Los fanáticos siempre tienen en común el sello de la cobardía, porque atacan en manada, de manera anónima y muy seguros de que difícilmente serán identificados y expuestos a alguna sanción.
El fútbol ha sido terreno especialmente fértil para estos individuos, hasta el punto que cuando se piensa en un fanático de inmediato aparece la imagen de un “garrero” o uno “de abajo”, porque en nombre de sus sagrados colores han repartido sangre, sudor y lágrimas por todos los estadios del mundo y, a pesar de numerosos esfuerzos auténticos o simulados por neutralizarlos, todavía se permiten hacer lo que quieren y cuando quieren.
Sin embargo, hay otros fanáticos menos numerosos, menos ruidosos y menos notorios, pero igualmente dotados de una cabeza impermeable a criterios distintos a los que intentan imponer. Es un cuento muy viejo, y si bien los talibanes han llevado sus métodos y acciones a extremos que parecen devolver al ser humano a la Edad de Piedra, conviene recordar que no son los primeros en intentarlo.

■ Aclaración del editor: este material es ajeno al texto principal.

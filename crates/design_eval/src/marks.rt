//! Covers that are marked, and evaluated only then.

ghost use Rattle.std.specs.Prelude.{◌≡◌, ◌+◌, ◌<◌, ◌≤◌, ℕ, false, true, length};
ghost use Rattle.design_netlist.specs.Vocabulary.{cover_at, IsCoverOver, bit_at, number_at, IsSettled};
ghost use Rattle.design_eval.specs.Bits.{bits_put, AreBelow};
ghost use Rattle.design_eval.specs.Turns.{AreTurns, places};
ghost use Rattle.design_eval.specs.Smalls.{AreQuick};
ghost use Rattle.design_eval.specs.Readers.{AreReaders};
ghost use Rattle.design_eval.specs.Marks.{AreKept, AreOthersSame, HaveMarked, HasGiven, StillKept, StillTaken};

use crate::readers::{MOST, Readers};
use crate::smalls::{Quick, quick_value};
use crate::turns::{Turn, settle};
use design_netlist::Cover;

/// How many turns one word of hints stands for.
pub const WORD: u32 = 64;

// Hints that a turn is marked.
fn hint(hints: &mut [u64], turn: u32)
    requires size { length hints.old ≡ 1024 }
    requires turn { turn < 65536 }
{
    hints[(turn / WORD) as usize] |= 1 << (turn % WORD);
}

// Marks the covers that read a signal.
fn mark(readers: &Readers, signal: u32, marks: &mut [bool], hints: &mut [u64])
    requires size { length marks.old ≡ 65536 }
    requires hints { length hints.old ≡ 1024 }
    requires signal { signal + 1 < length readers.now.starts.items }
    requires ends { number_at readers.now.starts.items (signal + 1) ≤ length readers.now.keys.items }
    ensures { HaveMarked readers.now signal marks.old marks.new }
{
    let from = readers.starts[signal as usize];
    let to = readers.starts[signal as usize + 1];
    'keys: for i in from..to {
        let turn = readers.keys[i] % MOST;
        marks[turn as usize] = true;
        hint(hints, turn);
    }
}

/// Gives a signal a bit, and marks the covers that read it where it had the other one.
pub fn give(
    readers: &Readers,
    signal: u32,
    bit: bool,
    marks: &mut [bool],
    hints: &mut [u64],
    values: &mut [bool],
)
    requires size { length marks.old ≡ 65536 }
    requires hints { length hints.old ≡ 1024 }
    requires within { signal < length values.old }
    requires signal { signal + 1 < length readers.now.starts.items }
    requires ends { number_at readers.now.starts.items (signal + 1) ≤ length readers.now.keys.items }
    ensures { HasGiven readers.now signal bit marks.old values.old marks.new values.new }
{
    if values[signal as usize] == bit {
        return;
    }
    values[signal as usize] = bit;
    mark(readers, signal, marks, hints);
}

/// Gives the signals these bits, and marks the covers that read one whose bit changes.
pub fn put_marked(
    readers: &Readers,
    signals: &[u32],
    bits: &[bool],
    marks: &mut [bool],
    hints: &mut [u64],
    values: &mut [bool],
)
    requires size { length marks.old ≡ 65536 }
    requires hints { length hints.old ≡ 1024 }
    requires bits { length bits.now ≡ length signals.now }
    requires within { AreBelow (length values.old) signals.now }
    requires starts { length readers.now.starts.items ≡ length values.old + 1 }
    requires ends { (s : ℕ) → s ≤ length values.old → number_at readers.now.starts.items s ≤ length readers.now.keys.items }
    ensures values { values.new ≡ bits_put values.old signals.now bits.now }
    ensures size { length marks.new ≡ 65536 }
    ensures kept { StillKept readers.now signals.now marks.old values.old marks.new values.new }
    ensures taken { StillTaken 0 readers.now marks.old values.old marks.new values.new }
{
    'signals: for k in 0..signals.len() {
        give(readers, signals[k], bits[k], marks, hints, values);
    }
}

/// The covers in the order in which they are evaluated, and who reads what they give.
#[derive(Clone, Copy)]
pub struct TurnPlan<'a> {
    /// By their numbers.
    pub covers: &'a [Cover],
    /// In order.
    pub turns: &'a [Turn],
    /// By turns: what gives a small cover's truth quickly.
    pub quicks: &'a [Quick],
    pub readers: &'a Readers,
}

// Takes the mark of a turn away and gives its cover its truth.
fn settle_turn(
    plan: &TurnPlan<'_>,
    k: usize,
    marks: &mut [bool],
    hints: &mut [u64],
    values: &mut [bool],
)
    requires within { k < length plan.now.turns.now }
    requires turns { AreTurns plan.now.covers.now plan.now.turns.now }
    requires quicks { AreQuick plan.now.covers.now plan.now.turns.now plan.now.quicks.now }
    requires made { (i : ℕ) → i < length plan.now.covers.now → IsCoverOver (cover_at plan.now.covers.now i) (length values.old) }
    requires readers { AreReaders plan.now.covers.now (places plan.now.turns.now) (length values.old) plan.now.readers.now }
    requires size { length marks.old ≡ 65536 }
    requires hints { length hints.old ≡ 1024 }
    requires few { length plan.now.turns.now ≤ 65535 }
    requires kept { AreKept plan.now.covers.now (places plan.now.turns.now) 0 marks.old values.old }
    ensures size { length marks.new ≡ 65536 }
    ensures kept { AreKept plan.now.covers.now (places plan.now.turns.now) 0 marks.new values.new }
    ensures others { AreOthersSame plan.now.covers.now values.old values.new }
    ensures taken { StillTaken (length plan.now.turns.now) plan.now.readers.now marks.old values.old marks.new values.new }
{
    marks[k] = false;
    let quick = &plan.quicks[k];
    let bit = quick_value(quick, &plan.turns[k], plan.covers, values);
    give(plan.readers, quick.out, bit, marks, hints, values);
}

// Settles the turns that a word of hints names, until it names none, and says how many they were. Turns come in
// order, so a turn is named again only where two covers read each other.
fn settle_word(
    plan: &TurnPlan<'_>,
    place: usize,
    marks: &mut [bool],
    hints: &mut [u64],
    values: &mut [bool],
) -> usize
    requires place { place < 1024 }
    requires turns { AreTurns plan.now.covers.now plan.now.turns.now }
    requires quicks { AreQuick plan.now.covers.now plan.now.turns.now plan.now.quicks.now }
    requires made { (i : ℕ) → i < length plan.now.covers.now → IsCoverOver (cover_at plan.now.covers.now i) (length values.old) }
    requires readers { AreReaders plan.now.covers.now (places plan.now.turns.now) (length values.old) plan.now.readers.now }
    requires size { length marks.old ≡ 65536 }
    requires hints { length hints.old ≡ 1024 }
    requires few { length plan.now.turns.now ≤ 65535 }
    requires kept { AreKept plan.now.covers.now (places plan.now.turns.now) 0 marks.old values.old }
    ensures few { result ≤ 64 }
    ensures size { length marks.new ≡ 65536 }
    ensures kept { AreKept plan.now.covers.now (places plan.now.turns.now) 0 marks.new values.new }
    ensures others { AreOthersSame plan.now.covers.now values.old values.new }
    ensures taken { StillTaken (length plan.now.turns.now) plan.now.readers.now marks.old values.old marks.new values.new }
{
    'bits: for count in 0..WORD as usize {
        let word = hints[place];
        let k = place * WORD as usize + word.trailing_zeros() as usize;
        if word == 0 || k >= plan.turns.len() {
            return count;
        }
        hints[place] = word & (word - 1);
        settle_turn(plan, k, marks, hints, values);
    }
    WORD as usize
}

// Marks all turns.
fn mark_all(marks: &mut [bool])
    requires { length marks.old ≡ 65536 }
    ensures size { length marks.new ≡ 65536 }
    ensures all { (k : ℕ) → k < 65536 → bit_at marks.new k ≡ true }
{
    'marks: for k in 0..marks.len() {
        marks[k] = true;
    }
}

/// Whether a turn between two is marked. A loop without a way out is quicker here.
pub fn is_one_marked(marks: &[bool], from: usize, to: usize) -> bool
    requires { to ≤ length marks.now }
    ensures { result ≡ false → (k : ℕ) → from ≤ k → k < to → bit_at marks.now k ≡ false }
{
    let mut found = false;
    'marks: for k in from..to {
        found |= marks[k];
    }
    found
}

/// Gives each cover that is marked its truth, and says how many were. Takes no memory.
///
/// The marks are looked for where hints are. These may be wrong: if a mark is left, all covers are evaluated.
pub fn settle_marked(
    plan: &TurnPlan<'_>,
    marks: &mut [bool],
    hints: &mut [u64],
    values: &mut [bool],
) -> usize
    requires turns { AreTurns plan.now.covers.now plan.now.turns.now }
    requires quicks { AreQuick plan.now.covers.now plan.now.turns.now plan.now.quicks.now }
    requires made { (i : ℕ) → i < length plan.now.covers.now → IsCoverOver (cover_at plan.now.covers.now i) (length values.old) }
    requires readers { AreReaders plan.now.covers.now (places plan.now.turns.now) (length values.old) plan.now.readers.now }
    requires size { length marks.old ≡ 65536 }
    requires hints { length hints.old ≡ 1024 }
    requires few { length plan.now.turns.now ≤ 65535 }
    requires kept { AreKept plan.now.covers.now (places plan.now.turns.now) 0 marks.old values.old }
    ensures settled { IsSettled plan.now.covers.now (bit_at values.old) (bit_at values.new) }
    ensures size { length marks.new ≡ 65536 }
    ensures taken { StillTaken (length plan.now.turns.now) plan.now.readers.now marks.old values.old marks.new values.new }
{
    let mut count = 0;
    'words: for place in 0..plan.turns.len() / WORD as usize + 1 {
        count += settle_word(plan, place, marks, hints, values);
    }
    if is_one_marked(marks, 0, plan.turns.len()) {
        settle(plan.turns, plan.covers, values);
        mark_all(marks);
    }
    count
}
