//! The rows of a netlist.

ghost use Rattle.std.specs.Prelude.{◌≡◌, ◌<◌, length, map, IfOk};
ghost use Rattle.design_eval.specs.Evals.{first_eval, IsStep};
ghost use Rattle.design_eval.specs.Bits.{AreReady};
ghost use Rattle.design_netlist.specs.Valuations.{bit_at};
ghost use Rattle.design_eval.specs.Latches.{HaveBits};
ghost use Rattle.design_eval.specs.Marks.{AreTaken};
ghost use Rattle.design_eval.specs.Plans.{IsPlan, IsMarked, AllHold};

use crate::bits::{put_bits, read_bits};
use crate::block::{Block, give_ahead, no_vectors};
use crate::latches::{Giving, Taking, put_changed, take_changed};
use crate::marks::{TurnPlan, put_marked, settle_marked};
use crate::plan::{Plan, plan_of};
use crate::readers::MOST;
use crate::turns::settle;
use design_netlist::{LatchDef, Netlist};
use std::alloc::{AllocError, Global};
use std::marker::Model;

/// The most vectors that are evaluated without marks in a row, after vectors that changed more than a quarter of the
/// covers: marks cost about four times as much as an evaluation.
const VECTORS_WITHOUT_MARKS: u32 = 255;

/// How many words of hints there are: one for each 64 turns.
const WORDS: usize = 1_024;

/// A design that is run, vector by vector. Contracts see the design and what its latches give next.
#[derive(Drop)]
pub struct Eval<'a> {
    netlist: &'a Netlist,
    plan: Plan,
    /// The bits of all signals; those that nothing drives stay 0.
    values: Vec<bool>,
    /// By turns: a cover that isn't marked has the truth of its inputs' bits.
    marks: Vec<bool>,
    /// Where marks may be.
    hints: Vec<u64>,
    /// What the latches give next.
    state: Vec<bool>,
    /// What the latches gave last.
    last: Vec<bool>,
    /// How many vectors are evaluated without marks next.
    unmarked: u32,
    /// How many are evaluated without marks after the next vector that changes many covers.
    streak: u32,
    /// The last vectors that were evaluated at once.
    block: Block,
}

impl<'a> Model for Eval<'a> {
    ghost use Rattle.design_eval.specs.Evals.{EvalState};
    ghost use Rattle.design_eval.specs.Bits.{AreReady};
    ghost use Rattle.design_eval.specs.Plans.{IsPlan, IsMarked, IsHeld};
    ghost use Rattle.design_eval.specs.Blocks.{IsBlock};

    ghost Value = { EvalState };

    ghost view = { λ e. record { netlist = e.netlist.now; state = e.state.items } };

    ghost invariant = { λ e. IsPlan e.netlist.now e.plan × AreReady e.netlist.now e.values.items e.state.items
        × IsMarked e.netlist.now e.plan e.marks.items e.values.items
        × IsHeld e.plan e.hints.items e.marks.items e.last.items e.state.items e.values.items × IsBlock e.netlist.now e.block };
}

impl<'a> Eval<'a> {
    /// The design at its first cycle: its latches have their initial bits.
    pub fn start(alloc: Global, netlist: &'a Netlist) -> Result<Self, AllocError>
        ensures { IfOk result (λ e. e ≡ first_eval netlist.now) }
    {
        let draft = netlist.parts();
        let plan = plan_of(alloc, netlist)?;
        let values = vec![in alloc; false; draft.names.len()]?;
        let marks = vec![in alloc; true; MOST as usize]?;
        let hints = vec![in alloc; u64::MAX; WORDS]?;
        let state = first_bits(alloc, draft.latches.as_slice())?;
        let last = vec![in alloc; false; draft.latches.as_slice().len()]?;
        let block = no_vectors(alloc, netlist)?;
        Ok(Eval {
            netlist,
            plan,
            values,
            marks,
            hints,
            state,
            last,
            unmarked: 0,
            streak: 0,
            block,
        })
    }

    /// Gives the row of a vector as [`Eval::step`] does. `ahead` is the text behind the vector's line, as far as it
    /// is known: where a design has no latches, the vectors that it seems to have are evaluated at once with this
    /// one. It is a guess, and the row is right whatever it says. Takes no memory.
    pub fn step_ahead(&mut self, vector: &[bool], ahead: &[u8], out: &mut [bool])
        requires inputs { length vector.now ≡ length self.old.netlist.inputs }
        requires outputs { length out.old ≡ length self.old.netlist.outputs }
        ensures { IsStep self.old vector.now out.new self.new }
    {
        let given = give_ahead(
            &mut self.block,
            self.netlist,
            &self.plan,
            vector,
            ahead,
            out,
        );
        if !given {
            self.step(vector, out);
        }
    }

    /// Gives the row of a vector, which has one bit for each input; the row has one for each output. Then the
    /// latches take what they read. Takes no memory.
    pub fn step(&mut self, vector: &[bool], out: &mut [bool])
        requires inputs { length vector.now ≡ length self.old.netlist.inputs }
        requires outputs { length out.old ≡ length self.old.netlist.outputs }
        ensures { IsStep self.old vector.now out.new self.new }
    {
        if self.unmarked > 0 {
            self.unmarked -= 1;
            run(
                self.netlist,
                &self.plan,
                &mut self.values,
                &mut self.last,
                &mut self.state,
                vector,
                out,
            );
            return;
        }
        let busy = run_marked(
            self.netlist,
            &self.plan,
            &mut self.marks,
            &mut self.hints,
            &mut self.values,
            &mut self.last,
            &mut self.state,
            vector,
            out,
        );
        plan_streak(&mut self.unmarked, &mut self.streak, busy);
    }
}

// After a vector that changed much some are evaluated without marks, and more of them each time.
fn plan_streak(unmarked: &mut u32, streak: &mut u32, busy: bool) {
    if !busy {
        *streak = 0;
        return;
    }
    *unmarked = *streak;
    *streak = longer(*streak);
}

// The next streak of vectors that are evaluated without marks.
fn longer(streak: u32) -> u32 {
    if streak >= VECTORS_WITHOUT_MARKS {
        return VECTORS_WITHOUT_MARKS;
    }
    2 * streak + 1
}

// Gives the row of a vector and the next state, and evaluates all covers.
fn run(
    netlist: &Netlist,
    plan: &Plan,
    values: &mut [bool],
    last: &mut [bool],
    state: &mut [bool],
    vector: &[bool],
    out: &mut [bool],
)
    requires plan { IsPlan netlist.now plan.now }
    requires ready { AreReady netlist.now values.old state.old }
    requires last { length last.old ≡ length state.old }
    requires inputs { length vector.now ≡ length netlist.now.inputs }
    requires outputs { length out.old ≡ length netlist.now.outputs }
    ensures ready { AreReady netlist.now values.new state.new }
    ensures given { HaveBits plan.now.wiring.drives.items last.new values.new }
    ensures next { state.new ≡ map (bit_at values.new) plan.now.wiring.reads.items }
    ensures hold { AllHold netlist.now values.new }
    ensures step { IsStep (record { netlist = netlist.now; state = state.old }) vector.now out.new
        (record { netlist = netlist.now; state = state.new }) }
{
    let draft = netlist.parts();
    put_bits(values, &plan.wiring.inputs, vector);
    put_bits(values, &plan.wiring.drives, state);
    last.copy_from_slice(state);
    settle(&plan.turns, draft.covers.as_slice(), values);
    read_bits(values, &plan.wiring.outputs, out);
    read_bits(values, &plan.wiring.reads, state);
}

// Gives the row of a vector and the next state, evaluates the covers that are marked, and says whether they were
// more than a quarter.
fn run_marked(
    netlist: &Netlist,
    plan: &Plan,
    marks: &mut [bool],
    hints: &mut [u64],
    values: &mut [bool],
    last: &mut [bool],
    state: &mut [bool],
    vector: &[bool],
    out: &mut [bool],
) -> bool
    requires plan { IsPlan netlist.now plan.now }
    requires ready { AreReady netlist.now values.old state.old }
    requires marked { IsMarked netlist.now plan.now marks.old values.old }
    requires hints { length hints.old ≡ 1024 }
    requires last { length last.old ≡ length state.old }
    requires given { HaveBits plan.now.wiring.drives.items last.old values.old }
    requires taken { AreTaken (length plan.now.turns.items) plan.now.wiring.reads.items state.old marks.old values.old }
    requires inputs { length vector.now ≡ length netlist.now.inputs }
    requires outputs { length out.old ≡ length netlist.now.outputs }
    ensures ready { AreReady netlist.now values.new state.new }
    ensures given { HaveBits plan.now.wiring.drives.items last.new values.new }
    ensures next { state.new ≡ map (bit_at values.new) plan.now.wiring.reads.items }
    ensures marked { IsMarked netlist.now plan.now marks.new values.new }
    ensures step { IsStep (record { netlist = netlist.now; state = state.old }) vector.now out.new
        (record { netlist = netlist.now; state = state.new }) }
{
    let draft = netlist.parts();
    put_marked(
        &plan.readers,
        &plan.wiring.inputs,
        vector,
        marks,
        hints,
        values,
    );
    put_changed(
        &Giving {
            drives: &plan.wiring.drives,
            state: &*state,
            readers: &plan.readers,
        },
        last,
        marks,
        hints,
        values,
    );
    let count = settle_marked(
        &TurnPlan {
            turns: &plan.turns,
            quicks: &plan.quicks,
            covers: draft.covers.as_slice(),
            readers: &plan.readers,
        },
        marks,
        hints,
        values,
    );
    read_bits(values, &plan.wiring.outputs, out);
    take_changed(
        &Taking {
            reads: &plan.wiring.reads,
            first: plan.turns.len(),
            values: &*values,
        },
        marks,
        hints,
        state,
    );
    count > plan.turns.len() / 4
}

// The bits that latches have at first.
fn first_bits(alloc: Global, latches: &[LatchDef]) -> Result<Vec<bool>, AllocError>
    ensures { IfOk result (λ v. v.items ≡ map (λ l. l.init) latches.now) }
{
    latches.iter().map(|l| l.init).collect(alloc)
}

Mucha gente se ha puesto cada vez más agresiva y parece que si no se busca la manera de hacerlos entrar en razón el asunto seguirá empeorando. Lo vemos en la vida diaria. Cuesta entenderse a la buena cuando asoma alguna diferencia, por rasca que sea. Ante esto, no faltan quienes proponen aplicarles la ley del talión, el ojo por ojo, diente por diente, pero definitivamente no se puede combatir al fanatismo con más fanatismo.
Hay que aprender de Gandhi, de Mandela, de Jesús de Nazareth, para salir adelante en esta difícil tarea.